= Streetbank =

UK-based network that helped users share equipment and skills with their neighbours

The Streetbank was a UK-based network and Website that helped users share items with their neighbours. It was launched in July 2010 by Sam Stephens and Ryan Davies in West London.

It closed on 1 March 2024.

 Sam Stephens initially set it up to encourage neighbours to share items that they own but do not use every day, such as ladders, drills, and hedge cutters, as well as to "save money, cut down on waste, and reduce their carbon footprints".

Streetbank saw itself as more than just a free item site and encouraged people to get to know their neighbours, not just exchange items and leave. Streetbank also allowed its users to share advice, skills, language teaching, cooking, and DIY.

It had 15,000 members in September 2012. More than £1 million worth of skills and items had been listed on the site by October 2013. The organization had 300 members per square mile in West London, its busiest area.
In 2013, The Times listed the site as one of the "50 websites you can’t live without".

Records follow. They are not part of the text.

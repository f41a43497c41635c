//! What an expression gives and what a cell holds.

ghost use Rattle.std.specs.Prelude.{◌≡◌, ◌<◌, ◌++◌, ◌∷◌, [], IfOk, OnErr};
ghost use Rattle.std.specs.Option.{option_map};
ghost use Rattle.tp_meaning.specs.Trees.{Ordinal};
ghost use Rattle.tp_meaning.specs.Store.{number_of, byte_of, bytes_of, spot_of, class_of, routine_of};
ghost use Rattle.interpreter_store.specs.cell_store.Views.{view_key, view_spot, view_value};
ghost use Rattle.interpreter_store.specs.cell_store.Finding.{Finds, Gets};

use crate::cell_store::traps::{Stop, Trap};
use std::alloc::{AllocError, Global};
use type_layout::{Bytes, Name, Sequence};

/// A routine, a class or a global: the unit that declares it, and its number there.
#[derive(Debug, Drop)]
pub struct Key {
    pub unit: Name,
    pub number: u32,
}

/// The way into an object, from part to part.
pub type Path = Sequence<u32>;

/// A place: an object by its serial number, and the way into it.
#[derive(Debug, Drop)]
pub struct Spot {
    pub object: usize,
    pub path: Path,
}

/// What an expression gives and what a cell holds. A whole text is `Text`, and a string lies in cells byte by byte. A pointer
/// leads to a block by its serial number, a procedural value to a routine; an instance has a class or none. `At` is the place
/// that a variable parameter, Self or a structured argument stands for. The call of a procedure gives `Void`.
#[derive(Debug, Drop)]
pub enum Value {
    Ordinal(i32),
    Text(Bytes),
    Elements(Bytes),
    Nil,
    Block(usize),
    Code(Key),
    Class(Option<Key>),
    At(Spot),
    Void,
}

impl Key {
    /// A copy, which takes no memory.
    pub fn copied(&self) -> Key
        ensures { result ≡ self.now }
    {
        Key {
            unit: self.unit.copied(),
            number: self.number,
        }
    }
}

fn path_copied(alloc: Global, path: &Path) -> Result<Path, AllocError>
    ensures { IfOk result (λ copy. copy ≡ path.now) }
{
    Ok(Sequence::from_vec(Vec::from_slice(alloc, path.as_slice())?))
}

impl Spot {
    /// The place of a whole object.
    pub fn whole(alloc: Global, object: usize) -> Spot
        ensures { result ≡ record { object = object; path = [] } }
    {
        Spot {
            object,
            path: Sequence::new(alloc),
        }
    }

    /// A copy.
    pub fn copied(&self, alloc: Global) -> Result<Spot, AllocError>
        ensures { IfOk result (λ copy. copy ≡ self.now) }
    {
        Ok(Spot {
            object: self.object,
            path: path_copied(alloc, &self.path)?,
        })
    }

    /// The place of a part of this one.
    pub fn inside(&self, alloc: Global, part: u32) -> Result<Spot, AllocError>
        ensures { IfOk result (λ spot. spot ≡ record { object = self.now.object; path = self.now.path ++ part ∷ [] }) }
    {
        let mut path = path_copied(alloc, &self.path)?;
        path.push(part)?;
        Ok(Spot {
            object: self.object,
            path,
        })
    }
}

fn class_copied(class: &Option<Key>) -> Option<Key>
    ensures { result ≡ class.now }
{
    match class {
        None => None,
        Some(class) => Some(class.copied()),
    }
}

impl Value {
    /// A copy.
    pub fn copied(&self, alloc: Global) -> Result<Value, AllocError>
        ensures { IfOk result (λ copy. copy ≡ self.now) }
    {
        match self {
            Value::Ordinal(z) => Ok(Value::Ordinal(*z)),
            Value::Text(bytes) => Ok(Value::Text(bytes.copied(alloc)?)),
            Value::Elements(set) => Ok(Value::Elements(set.copied(alloc)?)),
            Value::Nil => Ok(Value::Nil),
            Value::Block(serial) => Ok(Value::Block(*serial)),
            Value::Code(routine) => Ok(Value::Code(routine.copied())),
            Value::Class(class) => Ok(Value::Class(class_copied(class))),
            Value::At(spot) => Ok(Value::At(spot.copied(alloc)?)),
            Value::Void => Ok(Value::Void),
        }
    }

    /// The number of an ordinal.
    pub fn number(&self) -> Result<i32, Trap>
        ensures { Finds (λ z. z) result (number_of (view_value self.now)) }
    {
        match self {
            Value::Ordinal(z) => Ok(*z),
            _ => Err(Trap::IllTyped),
        }
    }

    /// The number of an ordinal that is a byte. One above 255, which no string of a typed program holds, is answered as out of memory.
    pub fn byte(&self) -> Result<u8, Stop>
        ensures { Gets (λ byte. byte) result (byte_of (view_value self.now)) }
    {
        match self {
            Value::Ordinal(z) => number_as_byte(*z),
            _ => Err(Stop::Trapped(Trap::IllTyped)),
        }
    }

    /// The bytes of a text.
    pub fn text(&self) -> Result<&[u8], Trap>
        ensures { Finds (λ bytes. bytes.now) result (bytes_of (view_value self.now)) }
    {
        match self {
            Value::Text(bytes) => Ok(bytes.as_slice()),
            _ => Err(Trap::IllTyped),
        }
    }

    /// The place that a variable parameter stands for.
    pub fn spot(&self) -> Result<&Spot, Trap>
        ensures { Finds (λ spot. view_spot spot.now) result (spot_of (view_value self.now)) }
    {
        match self {
            Value::At(spot) => Ok(spot),
            _ => Err(Trap::IllTyped),
        }
    }

    /// The class of an instance, if it has one.
    pub fn class(&self) -> Result<&Option<Key>, Trap>
        ensures { Finds (λ class. option_map view_key class.now) result (class_of (view_value self.now)) }
    {
        match self {
            Value::Class(class) => Ok(class),
            _ => Err(Trap::IllTyped),
        }
    }

    /// The routine to which a procedural value leads.
    pub fn routine(&self) -> Result<&Key, Trap>
        ensures { Finds (λ routine. view_key routine.now) result (routine_of (view_value self.now)) }
    {
        match self {
            Value::Code(routine) => Ok(routine),
            _ => Err(Trap::IllTyped),
        }
    }
}

fn number_as_byte(z: i32) -> Result<u8, Stop>
    ensures { Gets (λ byte. byte) result (byte_of (Ordinal z)) }
{
    if z < 0 {
        return Err(Stop::Trapped(Trap::IllTyped));
    }
    if z > 255 {
        return Err(Stop::OutOfMemory);
    }
    Ok(z as u8)
}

Member accounts were free to set up and users were encouraged to offer items for free or to lend, or offer their time/skills. Members could also make requests and provide information ("notices"). Users could choose the size of their "neighbourhood" and can opt to receive messages from other users living within one, five or ten miles. After a user joins Streetbank, they received a weekly newsletter about local announcements and new offers and wants.

== History ==
The Streetbank was founded in 2010, as a not for profit organization. Founder Sam Stephens says he got the idea when he saw a neighbour using a pair of hedge cutters and realised he needed to borrow some.

In 2012 and 2013, Streetbank was awarded funding by Nesta.

In October 2013, Streetbank 2.0 was launched.

In 2014, Streetbank merged with Freeconomy, a similar organisation set up by Mark Boyle (the moneyless man). Mark continued as part of the Streetbank leadership team.

On 1 March 2024 a notice appeared on the website announcing the closure of the platform. It stated "Since we launched there have been many other similar services launched that have proven to be more viral, more able to reach a critical mass in more neighbourhoods. These busier services have meant that our community stopped growing several years ago and doesn't justify continuing."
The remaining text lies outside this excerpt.